The emphasis on process understanding has been part of pharmaceutical development strategy since FDA’s 2003–2004 promulgation of GMPs for the 21st Century. Oligonucleotides were almost nonexistent in major pharmacopoeias at the time. Now that oligo drugs are nearing late development and commercialization, analytical tools for speeding process development will come to the fore as they have with small molecules and therapeutic proteins.

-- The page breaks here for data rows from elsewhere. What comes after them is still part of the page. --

impl Sheet {
    pub const MAX_FACTS: usize = 64;

    pub const MAX_HORIZON: usize = 10080;

    pub const MAX_GAP: usize = 60;

    pub const MAX_JOBS: usize = 32;

    pub const MAX_EVENTS: usize = 256;

    pub const MAX_BOUNDS: usize = 256;
    // A fact's marks; 0 is neither.
    pub const INITIAL: usize = 1;

    pub const GOAL: usize = 2;

    pub const BOTH: usize = 3;
    // Signed numbers are held plus this.
    pub const ORIGIN: usize = 32768;
    // No low and no high, plus 32,768.
    pub const NO_LOW: usize = 0;

    pub const NO_HIGH: usize = 65535;
    // Contents end and the first body starts here.
    pub const FACTS_AT: usize = 26;

    pub const EDITION_1: usize = 1;
    // The edition that has a settling gap, a revision and releases.
    pub const EDITION_2: usize = 2;
    // The head of the facts body, before the marks: the count and the horizon; in edition 2 also gap and revision.
    pub const FACTS_HEAD: usize = 3;

    pub const FACTS_HEAD_2: usize = 6;
    // Edition 2: where the gap byte and the revision stand.
    pub const GAP_AT: usize = Sheet::FACTS_AT + 3;

    pub const REVISION_AT: usize = Sheet::FACTS_AT + 4;
    // The row of a job: its code; in edition 2 also its release.
    pub const JOB_ROW: usize = 2;

    pub const JOB_ROW_2: usize = 4;

    pub const RELEASE_IN: usize = 2;
    // Edition 2: the ticks that a gap byte of 0 stands for.
    const DEFAULT_GAP: usize = 2;
    // The gap of edition 1.
    const GAP_1: usize = 1;
    // What edition 1 says of a release and of the revision.
    pub const NONE: usize = 0;

    // Equals: facts_head edition
    pub fn facts_head(edition: usize) -> usize
        ensures { (result ≡ facts_head edition) × (result < 7) }
    {
        if edition == Sheet::EDITION_2 {
            Sheet::FACTS_HEAD_2
        } else {
            Sheet::FACTS_HEAD
        }
    }

    // Equals: job_row edition
    pub fn job_row(edition: usize) -> usize
        ensures { (result ≡ job_row edition) × TwoRows result }
    {
        if edition == Sheet::EDITION_2 {
            Sheet::JOB_ROW_2
        } else {
            Sheet::JOB_ROW
        }
    }

    // The gap byte of edition 2, of any bytes.
    // Equals: gap_byte b
    pub fn gap_byte(b: &[u8]) -> usize
        ensures { (result ≡ gap_byte b.now) × (result < byte_values) }
    {
        byte_at(b, Sheet::GAP_AT)
    }

    // The settling gap in ticks, by edition and gap byte.
    // Equals: gap_ticks edition gap
    fn ticks(edition: usize, gap: usize) -> usize
        ensures { result ≡ gap_ticks edition gap }
    {
        if edition != Sheet::EDITION_2 {
            return Sheet::GAP_1;
        }
        if gap == 0 { Sheet::DEFAULT_GAP } else { gap }
    }

    // The length of part i, as the contents say.
    // Equals: length_of b i
    pub fn length_of(b: &[u8], i: usize) -> usize
        requires { i < 4 }
        ensures { (result ≡ length_of b.now i) × (result < word) }
    {
        two_at(b, 6 + 6 * i)
    }

    // What any bytes say, by the places of their bodies.
    // Equals: counts, horizon and gap of sheet_of b, and the places of its rows (SheetIs)
    pub fn of(b: &[u8], at: Places) -> Sheet
        requires { PlacesAre b.now at }
        ensures { SheetIs b.now result }
    {
        let edition = byte_at(b, 0);
        let row = Sheet::job_row(edition);
        Sheet {
            facts: byte_at(b, at.facts),
            horizon: two_at(b, at.facts + 1),
            gap: Sheet::ticks(edition, Sheet::gap_byte(b)),
            jobs: (at.events - at.jobs) / row,
            events: (at.bounds - at.events) / 3,
            bounds: Sheet::length_of(b, 3) / 6,
            marks_at: at.facts + Sheet::facts_head(edition),
            jobs_at: at.jobs,
            job_row: row,
            events_at: at.events,
            bounds_at: at.bounds,
        }
    }

    // The ticks that lie at least between a source and a need, or a need and a clear, of different instances.
    // Equals: gap of rules (gap_of)
    pub fn gap(self) -> usize
        ensures { (b : List ℕ) → result ≡ gap_of (meaning self b) }
    {
        self.gap
    }

    // The first tick that an event of job j may have.
    // Equals: earliest of rules (earliest_of)
    pub fn earliest(self, b: &[u8], j: usize) -> usize
        requires { RowOf self b.now self.jobs j }
        ensures { (result ≡ earliest_of (meaning self b.now) j) × (result < word) }
    {
        self.release(b, j)
    }

    // The last tick that an event may have.
    // Equals: latest of rules (latest_of)
    pub fn latest(self) -> usize
        ensures { (b : List ℕ) (j : ℕ) → result ≡ latest_of (meaning self b) j }
    {
        self.horizon
    }

    // Equals: meaning self b .mark f
    pub fn mark(self, b: &[u8], f: usize) -> usize
        requires { RowOf self b.now self.facts f }
        ensures { (result ≡ (meaning self b.now).mark f) × (result < byte_values) }
    {
        let at = self.marks_at;
        byte_in(b, at + f)
    }

    // Equals: initial of rules (is_initial)
    pub fn initial(self, b: &[u8], f: usize) -> bool
        requires { RowOf self b.now self.facts f }
        ensures { result ≡ is_initial (meaning self b.now) f }
    {
        let mark = self.mark(b, f);
        (mark == Sheet::INITIAL) | (mark == Sheet::BOTH)
    }

    // Equals: goal of rules (is_goal)
    pub fn goal(self, b: &[u8], f: usize) -> bool
        requires { RowOf self b.now self.facts f }
        ensures { result ≡ is_goal (meaning self b.now) f }
    {
        let mark = self.mark(b, f);
        (mark == Sheet::GOAL) | (mark == Sheet::BOTH)
    }

    // Equals: meaning self b .code j
    pub fn code(self, b: &[u8], j: usize) -> usize
        requires { RowOf self b.now self.jobs j }
        ensures { (result ≡ (meaning self b.now).code j) × (result < word) }
    {
        let at = self.jobs_at;
        two_in(b, at + self.job_row * j)
    }

    // Equals: meaning self b .release j
    pub fn release(self, b: &[u8], j: usize) -> usize
        requires { RowOf self b.now self.jobs j }
        ensures { (result ≡ (meaning self b.now).release j) × (result < word) }
    {
        let row = self.job_row;
        if row != Sheet::JOB_ROW_2 {
            return Sheet::NONE;
        }
        let at = self.jobs_at;
        two_in(b, at + row * j + Sheet::RELEASE_IN)
    }

    // Equals: meaning self b .revision
    pub fn revision(self, b: &[u8]) -> usize
        ensures { (result ≡ (meaning self b.now).revision) × (result < word) }
    {
        if self.job_row != Sheet::JOB_ROW_2 {
            return Sheet::NONE;
        }
        two_at(b, Sheet::REVISION_AT)
    }

    // The job number of event e.
    // Equals: meaning self b .event e .job
    pub fn job(self, b: &[u8], e: usize) -> usize
        requires { RowOf self b.now self.events e }
        ensures { (result ≡ ((meaning self b.now).event e).job) × (result < byte_values) }
    {
        let at = self.events_at;
        byte_in(b, at + 3 * e)
    }

    // Equals: meaning self b .event e .kind
    pub fn kind(self, b: &[u8], e: usize) -> usize
        requires { RowOf self b.now self.events e }
        ensures { (result ≡ ((meaning self b.now).event e).kind) × (result < byte_values) }
    {
        let at = self.events_at;
        byte_in(b, at + 3 * e + 1)
    }

    // Equals: meaning self b .event e .fact
    pub fn fact(self, b: &[u8], e: usize) -> usize
        requires { RowOf self b.now self.events e }
        ensures { (result ≡ ((meaning self b.now).event e).fact) × (result < byte_values) }
    {
        let at = self.events_at;
        byte_in(b, at + 3 * e + 2)
    }

    // Equals: meaning self b .event e (RowIs)
    pub fn row(self, b: &[u8], e: usize) -> Row
        requires { RowOf self b.now self.events e }
        ensures { RowIs ((meaning self b.now).event e) result }
    {
        row_in(b, self.events_at + 3 * e)
    }

    // Equals: event_from, of the kind and the fact of meaning self b .event e
    pub fn event(self, b: &[u8], e: usize) -> Event
        requires { RowOf self b.now self.events e }
        ensures { result ≡ event_from ((meaning self b.now).event e).kind ((meaning self b.now).event e).fact }
    {
        let row = self.row(b, e);
        Event::decode(row.kind, row.fact)
    }

    // Equals: meaning self b .bound i (BoundIs)
    pub fn bound(self, b: &[u8], i: usize) -> Bound
        requires { RowOf self b.now self.bounds i }
        ensures { BoundIs ((meaning self b.now).bound i) result }
    {
        bound_in(b, self.bounds_at + 6 * i)
    }

    // The pair that starts at row i.
    // Equals: tightest of rules, of the pair of row i; and the first row behind its rows (PairIs; one answer, by looked_up_once)
    pub fn pair(self, b: &[u8], i: usize) -> Pair
        requires { IsFormed self b.now × PairRow (meaning self b.now) i }
        ensures { PairIs (meaning self b.now) i result }
    {
        let first = self.bound(b, i);
        let mut low = first.low;
        let mut high = first.high;
        for next in i + 1..self.bounds {
            let c = self.bound(b, next);
            if (c.later != first.later) | (c.earlier != first.earlier) {
                return Pair::of(first, low, high, next);
            }
            low = low.max(c.low);
            high = high.min(c.high);
        }
        Pair::of(first, low, high, self.bounds)
    }
}
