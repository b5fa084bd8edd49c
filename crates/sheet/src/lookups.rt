// What a well-formed sheet says at each place.
#![tactic(auto)]

ghost use Rattle.std.specs.Prelude.{◌≡◌, ◌<◌, ℕ};
ghost use Rattle.rules.specs.Sheet.{initial as is_initial, goal as is_goal};
ghost use Rattle.rules.specs.Plan.{gap as gap_of, earliest as earliest_of, latest as latest_of};
ghost use Rattle.sheet.specs.View.{event_from, RowIs, BoundIs, PairRow, PairIs};
ghost use Rattle.sheet.specs.WellFormed.{said_by};
ghost use Rattle.numbers.specs.Size.{byte_values, word};

use crate::formed::WellFormed;
use crate::{Bound, Event, Pair, Row};

impl<'a> WellFormed<'a> {
    // The ticks that lie at least between a source and a need, or a need and a clear, of different instances.
    // Equals: gap of rules (gap_of)
    pub fn gap(&self) -> usize
        ensures { result ≡ gap_of (said_by self.now) }
    {
        self.view.gap()
    }

    // The last tick that an event may have.
    // Equals: latest of rules (latest_of)
    pub fn latest(&self) -> usize
        ensures { (j : ℕ) → result ≡ latest_of (said_by self.now) j }
    {
        self.view.latest()
    }

    // The first tick that an event of job j may have.
    // Equals: earliest of rules (earliest_of)
    pub fn earliest(&self, j: usize) -> usize
        requires { j < (said_by self.now).jobs }
        ensures { (result ≡ earliest_of (said_by self.now) j) × (result < word) }
    {
        self.view.earliest(self.bytes, j)
    }

    // Equals: said_by self .mark f
    pub fn mark(&self, f: usize) -> usize
        requires { f < (said_by self.now).facts }
        ensures { (result ≡ (said_by self.now).mark f) × (result < byte_values) }
    {
        self.view.mark(self.bytes, f)
    }

    // Equals: initial of rules (is_initial)
    pub fn initial(&self, f: usize) -> bool
        requires { f < (said_by self.now).facts }
        ensures { result ≡ is_initial (said_by self.now) f }
    {
        self.view.initial(self.bytes, f)
    }

    // Equals: goal of rules (is_goal)
    pub fn goal(&self, f: usize) -> bool
        requires { f < (said_by self.now).facts }
        ensures { result ≡ is_goal (said_by self.now) f }
    {
        self.view.goal(self.bytes, f)
    }

    // Equals: said_by self .code j
    pub fn code(&self, j: usize) -> usize
        requires { j < (said_by self.now).jobs }
        ensures { (result ≡ (said_by self.now).code j) × (result < word) }
    {
        self.view.code(self.bytes, j)
    }

    // Equals: said_by self .release j
    pub fn release(&self, j: usize) -> usize
        requires { j < (said_by self.now).jobs }
        ensures { (result ≡ (said_by self.now).release j) × (result < word) }
    {
        self.view.release(self.bytes, j)
    }

    // Equals: said_by self .revision
    pub fn revision(&self) -> usize
        ensures { (result ≡ (said_by self.now).revision) × (result < word) }
    {
        self.view.revision(self.bytes)
    }

    // The job number of event e.
    // Equals: said_by self .event e .job
    pub fn job(&self, e: usize) -> usize
        requires { e < (said_by self.now).events }
        ensures { (result ≡ ((said_by self.now).event e).job) × (result < byte_values) }
    {
        self.view.job(self.bytes, e)
    }

    // Equals: event_from, of the kind and the fact of said_by self .event e
    pub fn event(&self, e: usize) -> Event
        requires { e < (said_by self.now).events }
        ensures { result ≡ event_from ((said_by self.now).event e).kind ((said_by self.now).event e).fact }
    {
        self.view.event(self.bytes, e)
    }

    // Equals: said_by self .event e (RowIs)
    pub fn row(&self, e: usize) -> Row
        requires { e < (said_by self.now).events }
        ensures { RowIs ((said_by self.now).event e) result }
    {
        self.view.row(self.bytes, e)
    }

    // Equals: said_by self .bound i (BoundIs)
    pub fn bound(&self, i: usize) -> Bound
        requires { i < (said_by self.now).bounds }
        ensures { BoundIs ((said_by self.now).bound i) result }
    {
        self.view.bound(self.bytes, i)
    }

    // The pair that starts at row i.
    // Equals: tightest of rules, of the pair of row i; and the first row behind its rows (PairIs; one answer, by looked_up_once)
    pub fn pair(&self, i: usize) -> Pair
        requires { PairRow (said_by self.now) i }
        ensures { PairIs (said_by self.now) i result }
    {
        self.view.pair(self.bytes, i)
    }
}
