// What a site does with a reply.
#![tactic(auto)]

ghost use Rattle.std.specs.Prelude.{◌≡◌, ◌<◌, ◌≤◌, length};
ghost use Rattle.model.specs.Site.{entered_or_yielded, takes, on_reply};
ghost use Rattle.event_effects.specs.Effects.{CarriesOut};
ghost use Rattle.rig.specs.Limits.{site_limit, SiteNumber};

use event_effects::Acted;
use list_rows::Row;
use rig::Desk;

// What follows once a number is held for j: the site is inside, or yields j, or waits on.
#[tactic(auto, using(model::proofs::Tables::at_read), unfolding(model::specs::Site::entered_or_yielded))]
fn enter_or_yield(d: Desk, j: u64, out: &mut [Row], count: usize) -> Acted
    requires { SiteNumber j × (d.size ≤ site_limit) × (count < length out.old) }
    ensures { CarriesOut (entered_or_yielded d j) count out.old out.new result }
{
    if site_held::all_held(d) {
        return Acted {
            desk: site_entries::enter(d),
            count,
        };
    }
    if !rig_modes::has_failed(d.site) {
        return Acted { desk: d, count };
    }
    let i = (j - 1) as usize;
    let q = d.inquired[i];
    if q == 0 {
        return Acted { desk: d, count };
    }
    site_yields::yield_member(d, j, out, count)
}

// Whether the site takes a reply about j: it waits, and j is a member that it does not hold.
#[tactic(auto, using(model::proofs::Tables::at_read), unfolding(model::specs::Site::takes))]
fn takes(d: Desk, j: u64) -> bool
    requires { SiteNumber j }
    ensures { result ≡ takes d j }
{
    rig_modes::is_waiting(d.site)
        && (rig_reads::is_member(d.members, j) && d.held[(j - 1) as usize] == 0)
}

// An inner call: a reply about j, with number n.
#[tactic(auto, unfolding(model::specs::Site::on_reply, model::specs::Site::taken))]
pub fn on_reply(d: Desk, j: u64, n: u64, out: &mut [Row], count: usize) -> Acted
    requires { SiteNumber j × (d.size ≤ site_limit) × (count < length out.old) }
    ensures { CarriesOut (on_reply d j n) count out.old out.new result }
{
    if !takes(d, j) {
        return Acted { desk: d, count };
    }
    enter_or_yield(site_entries::take(d, j, n), j, out, count)
}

A new software package from BioSpring for characterizing oligonucleotide synthesis products shows promise for characterizing unknown side products and impurities during and after oligo synthesis.
LC/MS is well established for identifying known compounds and confirming identity from mass peaks. Characterizing small molecule impurities, even unknowns, is facilitated by fragmentation patterns and computerized access to spectral libraries. LC/MS is not as routine or straightforward for oligonucleotides, whose synthesis creates a host of impurities and side products.
“You can’t tell what these are simply from the mass information,” notes Susann Rosmus, Ph.D., head of quality management at the company. Since impurities from each synthesis step carry over, the potential list can get quite large. Each step in an oligo synthesis involves protection, deprotection, and addition of a base. Reactions are never quantitative, so the impurities can add up rapidly after every step. In addition to N+ and N- entities, product may include salt adducts and unremoved protecting groups.
“If you have an N+1, you would detect a mass around 300 higher than main mass,” Dr. Rosmus explains. “But it could also be a protecting group plus something else, or an adduct from the buffer system.”
OligoFrag picks all MS-detectable impurities out and verifies their identity using a “special algorithm,” Dr. Rosmus says. How does it work? Before the synthesis, the identities of all protecting groups, potential salt adducts, and of course the bases, are entered into the program. Since the masses are unique to the spectrometer, the program provides impurity identities by matching up the measured masses with calculated values.
“The software gives all different possible combinations matching the detected mass,” she adds.
Last year, BioSpring became the first European company to obtain a GMP certificate for producing synthetic oligonucleotides. The certificate allows the company to manufacture oligonucleotide active pharmaceutical ingredients. BioSpring has entered a commercial manufacturing agreement with Sanofi for therapeutic oligonucleotide manufacturing.